DATA:
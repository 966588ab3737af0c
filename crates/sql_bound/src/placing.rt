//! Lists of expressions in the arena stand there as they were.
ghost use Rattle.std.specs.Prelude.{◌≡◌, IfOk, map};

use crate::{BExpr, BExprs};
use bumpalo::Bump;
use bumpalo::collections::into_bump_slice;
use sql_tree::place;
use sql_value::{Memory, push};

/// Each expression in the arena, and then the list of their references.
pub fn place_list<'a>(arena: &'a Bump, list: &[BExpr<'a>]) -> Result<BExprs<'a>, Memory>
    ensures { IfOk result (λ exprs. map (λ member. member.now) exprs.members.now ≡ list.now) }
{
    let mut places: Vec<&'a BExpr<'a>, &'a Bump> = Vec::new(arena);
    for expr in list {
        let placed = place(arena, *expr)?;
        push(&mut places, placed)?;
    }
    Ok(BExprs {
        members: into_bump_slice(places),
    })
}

BRIEF: Reproduce the lines from the one with "let mut places: Vec<&'a" to the end of the data exactly, leaving out every earlier line.

SOLUTION TO THIS PROBLEM:
    let mut places: Vec<&'a BExpr<'a>, &'a Bump> = Vec::new(arena);
    for expr in list {
        let placed = place(arena, *expr)?;
        push(&mut places, placed)?;
    }
    Ok(BExprs {
        members: into_bump_slice(places),
    })
}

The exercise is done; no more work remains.